Drives cut £10,000 off energy bill for steel maker

Paul Boughton
An ABB industrial drive is saving nearly £10,000 a year on energy costs for a steel production plant in South Yorkshire, UK.
The Tata Steel plant at Stocksbridge supplies steel for the aerospace, oil and gas industries amongst others. An important part of the finishing process is the scarfer.

Taking in lengths of steel ingots/blooms up to 6 metres long and weighing up to five tons, the scarfer uses a propane burner to remove impurities from the steel.
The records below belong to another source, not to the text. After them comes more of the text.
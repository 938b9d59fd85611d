ghost use Rattle.std.specs.Prelude.{◌≡◌, ◌<◌, ◌++◌, ◌∷◌, [], None, List, map, length, replicate, false, slice_get};
ghost use Rattle.std.specs.Prelude.{slice_index_or, IfOk, IfErr};
ghost use Rattle.case_table.specs.Lists.{firsts};
ghost use Rattle.mdl_syntax.specs.Modules.{module_of};
ghost use Rattle.module_set.specs.Names.{same_name};
ghost use Rattle.module_set.specs.Cycles.{HasNoCycle};
ghost use Rattle.module_set.specs.Members.{members_of};
ghost use Rattle.module_set.specs.ModuleSets.{IsModuleSet};
ghost use Rattle.scope_tables.specs.Entities.{Declared, entities_from};
ghost use Rattle.scope_tables.specs.PreludeEntities.{prelude};
ghost use Rattle.scope_tables.specs.Visible.{World, look};
ghost use Rattle.scope_core.specs.Standing.{world_of, standing};
ghost use Rattle.scope_core.specs.ScopeFaults.{scope_faults, Fails};
ghost use Rattle.scope_core.specs.Places.{IsAtName};
ghost use Rattle.scope_tables.specs.inside.Order.{AreWithin};
ghost use Rattle.scope_core.specs.inside.Holding.{Hold};
ghost use Rattle.scope_tables.specs.inside.Reaching.{bringing_of, AreReaches};
ghost use Rattle.scope_core.specs.inside.Scoping.{Holds, ArePieces, AreInside, AreMade, AreWritten, NoneHidden};
ghost use Rattle.scope_core.specs.inside.Scoping.{brought_all};
ghost use Rattle.scope_core.specs.inside.Rounds.{Describes, AreSettled};
ghost use Rattle.scope_core.specs.inside.Checking.{faults_of, faults_in, places_in};
ghost use Rattle.scope_core.specs.inside.Lessening.{least_onto};

use crate::fault::ScopeFault;
use crate::faults::module_fault;
use crate::settled::{Scene, Settled, settle_all};
use case_table::OutOfMemory;
use indexmap::IndexSet;
use mdl_syntax::{Module, Name};
use module_set::{ModuleName, ModuleSet};
use scope_tables::brought::{Bringing, brought};
use scope_tables::declared::{Piece, Written, declare, number_of};
use scope_tables::entity::Entity;
use scope_tables::found::View;
use scope_tables::looked::Looked;
use scope_tables::looking;
use scope_tables::order::order;
use scope_tables::own::Own;
use scope_tables::prelude::prelude;
use scope_tables::reach::{Reach, reaches};
use scope_tables::tables::{Table, unset_flags};
use std::alloc::{AllocError, Global};

/// What names mean in the modules of a set.
#[derive(Drop)]
pub struct Scopes {
    names: Vec<ModuleName>,
    tables: Vec<Table>,
}

impl Scopes {
    /// The scopes of a set, or the first of its faults: that of the least module, then of the least place, then as
    /// `ScopeFault` lists them.
    pub fn new(alloc: Global, set: &ModuleSet) -> Result<Scopes, ScopeFault>
        requires { IsModuleSet set.now }
        ensures holds { IfOk result (λ scopes. Holds scopes (world_of set.now.names (members_of set.now))
            (standing set.now.names (members_of set.now))) }
        ensures sound { IfOk result (λ _. scope_faults set.now.names (members_of set.now) ≡ []) }
        ensures fault { IfErr result (Fails (scope_faults set.now.names (members_of set.now))) }
        ensures placed { IfErr result (IsAtName set.now) }
    {
        let modules = set.modules.list();
        let names = copies(alloc, set.names.list())?;
        let brought = brought_of_all(alloc, &names, modules)?;
        let pieces = pieces_of(alloc, modules)?;
        let (tables, written) = tables_of(alloc, pieces, &brought)?;
        let scene = Scene {
            names: &names,
            written: &written,
        };
        let settled = settle(alloc, scene, tables, &brought)?;
        check(alloc, scene, &settled, modules, &brought)?;
        Ok(Scopes {
            names,
            tables: settled.tables,
        })
    }

    /// What a name finds in a module of the set.
    pub fn look(&self, alloc: Global, module: u32, name: &Name) -> Result<Looked, OutOfMemory>
        ensures { (world : World) (entities : List Declared) → Holds self.now world entities
            → «module» < length world.names
            → IfOk result (λ looked. looked ≡ look world entities «module» name.now.form) }
    {
        let view = View {
            names: &self.names,
            tables: &self.tables,
        };
        let looked = looking::look(alloc, view, module as usize, &name.form)?;
        Ok(looked)
    }
}

fn copies(alloc: Global, names: &[ModuleName]) -> Result<Vec<ModuleName>, AllocError>
    ensures { IfOk result (λ copied. copied.items ≡ names.now) }
{
    let mut copied = Vec::new(alloc);
    for name in names {
        let one = name.copy(alloc)?;
        copied.push(one)?;
    }
    Ok(copied)
}

/// What each module brings.
fn brought_of_all<'a>(
    alloc: Global,
    names: &[ModuleName],
    modules: &'a [Module],
) -> Result<Vec<Vec<Bringing<'a>>>, AllocError>
    ensures { IfOk result (λ all. map (λ one. map bringing_of one.items) all.items
        ≡ brought_all (firsts same_name names.now) names.now modules.now) }
{
    let indices = indices_of(alloc, names)?;
    let mut all = Vec::new(alloc);
    for index in 0..modules.len() {
        if let Some(name) = names.get(index) {
            let one = brought(alloc, &indices, name, &modules[index])?;
            all.push(one)?;
        }
    }
    Ok(all)
}

fn indices_of(alloc: Global, names: &[ModuleName]) -> Result<IndexSet<ModuleName>, AllocError>
    ensures { IfOk result (λ indices. indices.keys ≡ firsts same_name names.now) }
{
    let mut indices = IndexSet::new(alloc);
    for name in names {
        let copied = name.copy(alloc)?;
        indices.insert(copied)?;
    }
    Ok(indices)
}

/// The entities of each module, and behind them those of the prelude.
fn pieces_of<'a>(alloc: Global, modules: &'a [Module]) -> Result<Vec<Piece<'a>>, AllocError>
    ensures { IfOk result (λ pieces. ArePieces
        (entities_from 0 (map (λ one. (module_of one).declarations) modules.now) ++ prelude (length modules.now) ∷ [])
        pieces.items) }
{
    let mut pieces = Vec::new(alloc);
    for index in 0..modules.len() {
        let piece = declare(alloc, number_of(index)?, modules[index].decls.list())?;
        pieces.push(piece)?;
    }
    let piece = prelude(alloc, number_of(modules.len())?)?;
    pieces.push(piece)?;
    Ok(pieces)
}

/// Settles the modules in an order that their imports allow.
fn settle(
    alloc: Global,
    scene: Scene,
    tables: Vec<Table>,
    brought: &[Vec<Bringing>],
) -> Result<Settled, AllocError>
    requires within { AreWithin (map (λ one. map (λ bringing. bringing.from) one.items) brought.now) }
    requires acyclic { HasNoCycle (map (λ one. map (λ bringing. bringing.from) one.items) brought.now) }
    ensures { (world : World) (pieces : List (List Declared)) → Describes world pieces scene.entry
        → Hold world tables.items pieces → NoneHidden tables.items
        → world.brings ≡ map (λ one. map bringing_of one.items) brought.now
        → length world.brings ≡ length world.names
        → IfOk result (AreSettled world pieces) }
{
    let links = links_of(alloc, brought)?;
    let order = order(alloc, &links)?;
    settle_all(alloc, scene, tables, &order)
}

/// For each module those from which something is brought.
fn links_of(alloc: Global, brought: &[Vec<Bringing>]) -> Result<Vec<Vec<usize>>, AllocError>
    ensures { IfOk result (λ links. map (λ targets. targets.items) links.items
        ≡ map (λ one. map (λ bringing. bringing.from) one.items) brought.now) }
{
    let mut links = Vec::new(alloc);
    for one in brought {
        let targets = sources(alloc, one)?;
        links.push(targets)?;
    }
    Ok(links)
}

/// The modules from which something is brought.
fn sources(alloc: Global, brought: &[Bringing]) -> Result<Vec<usize>, AllocError>
    ensures { IfOk result (λ sources. sources.items ≡ map (λ one. one.from) brought.now) }
{
    let mut sources = Vec::new(alloc);
    for bringing in brought {
        sources.push(bringing.from)?;
    }
    Ok(sources)
}

/// The tables of the modules, and behind them that of the prelude; and what is written in each.
fn tables_of<'a>(
    alloc: Global,
    pieces: Vec<Piece<'a>>,
    brought: &[Vec<Bringing<'a>>],
) -> Result<(Vec<Table>, Vec<Written<'a>>), AllocError>
    ensures { (world : World) (all : List (List Declared))
        → world.brings ≡ map (λ one. map bringing_of one.items) brought.now
        → ArePieces all pieces.entry.items → AreInside 0 all
        → IfOk result (λ made. AreMade world all made.0.items made.1.items) }
{
    let mut tables = Vec::new(alloc);
    let mut written = Vec::new(alloc);
    for piece in pieces {
        let reaches = reaches_at(alloc, tables.len(), brought)?;
        let table = table_of(alloc, piece.entities, reaches)?;
        tables.push(table)?;
        written.push(piece.written)?;
    }
    Ok((tables, written))
}

/// What a module sees. Past the last of those that bring something nothing is brought.
fn reaches_at(
    alloc: Global,
    index: usize,
    brought: &[Vec<Bringing>],
) -> Result<Vec<Reach>, AllocError>
    ensures { IfOk result (λ all. AreReaches index
        (slice_index_or (map (λ one. map bringing_of one.items) brought.now) index []) all.items) }
{
    match brought.get(index) {
        Some(brought) => reaches(alloc, index, brought),
        None => reaches(alloc, index, &[]),
    }
}

fn table_of(alloc: Global, entities: Vec<Entity>, reaches: Vec<Reach>) -> Result<Table, AllocError>
    ensures own { IfOk result (λ table. table.own ≡ entities.items) }
    ensures reaches { IfOk result (λ table. table.reaches.items ≡ reaches.items) }
    ensures hidden { IfOk result (λ table. table.hidden.items ≡ replicate (length entities.items) false) }
{
    let hidden = unset_flags(alloc, entities.len())?;
    let own = Own::of(alloc, entities)?;
    Ok(Table {
        own,
        reaches,
        hidden,
    })
}

/// Answers the first fault, if there is one.
fn check(
    alloc: Global,
    scene: Scene,
    settled: &Settled,
    modules: &[Module],
    brought: &[Vec<Bringing>],
) -> Result<(), ScopeFault>
    ensures sound { (world : World) (pieces : List (List Declared)) → AreSettled world pieces settled.now
        → AreWritten pieces scene.entry.written.now → length modules.now < length pieces
        → IfOk result (λ _. faults_in world pieces (map (λ one. map bringing_of one.items) brought.now) 0 modules.now
        ≡ []) }
    ensures fault { (world : World) (pieces : List (List Declared)) → AreSettled world pieces settled.now
        → AreWritten pieces scene.entry.written.now → length modules.now < length pieces
        → IfErr result (Fails (faults_in world pieces (map (λ one. map bringing_of one.items) brought.now) 0
        modules.now)) }
{
    for index in 0..modules.len() {
        if let Some(fault) = fault_at(alloc, scene, settled, index, &modules[index], brought)? {
            return Err(fault);
        }
    }
    Ok(())
}

/// The least fault of a module, if it has one.
fn fault_at(
    alloc: Global,
    scene: Scene,
    settled: &Settled,
    index: usize,
    module: &Module,
    brought: &[Vec<Bringing>],
) -> Result<Option<ScopeFault>, AllocError>
    ensures { (world : World) (pieces : List (List Declared)) → AreSettled world pieces settled.now
        → AreWritten pieces scene.entry.written.now → index < length pieces
        → IfOk result (λ least. least ≡ least_onto None (faults_of world pieces
        (slice_index_or (map (λ one. map bringing_of one.items) brought.now) index []) index «module».now)) }
{
    let places = places_at(scene, index);
    match brought.get(index) {
        Some(brought) => module_fault(alloc, settled, index, places, module, brought),
        None => module_fault(alloc, settled, index, places, module, &[]),
    }
}

/// The places of the entities of a module.
fn places_at<'a>(scene: Scene<'a>, index: usize) -> &'a [u32]
    ensures { result.now ≡ places_in (slice_get scene.entry.written.now index) }
{
    match scene.written.get(index) {
        Some(written) => &written.places,
        None => &[],
    }
}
The impurities, in the form of waste gases, are then removed by an exhaust fan, run by a 132kW motor.
As well as saving energy costs of around £9,700 per annum, the new drive application also saves 82,500kg of CO2 and cuts energy use by 165,000 kWh. Following installation, the ABB drive achieved a payback time of less than one year.
Originally, the fan was run constantly at full speed, with its output constricted by a damper. This was controlled by a PLC that signalled the damper to open when more air flow was needed, when scarfing was in progress. This was wasting a lot of energy and was identified by Patrick Frain, Tata’s electrical section engineer for the billet mill, as a prime candidate for a variable-speed drive. “Halcyon Drives (an ABB Drives Alliance member) was recommended to us,” says Frain.
Halcyon Drives proposed a 132kW ABB industrial drive. This is set to run at two speeds, 30 percent on standby duty and 100 per cent during scarfing. Running at 30 percent means there is minimum delay when the motor is ramped up to full speed to extract the gases from the scarfer.
Tata needed the drive panel to be housed outside near the scarfer, as the distance to the existing plant room would mean a prohibitively long cable run. To protect the drive from the weather, Halcyon constructed a panel to IP55, incorporating internal thermostatically controlled heaters to prevent condensation. The panel features a side mounted air-to-air heat exchanger, for dispersing heat generated from the inverter and protection from high summertime ambient temperatures.
“The project has been a great success and continues to provide significant energy and CO2 savings for the business,” says Frain.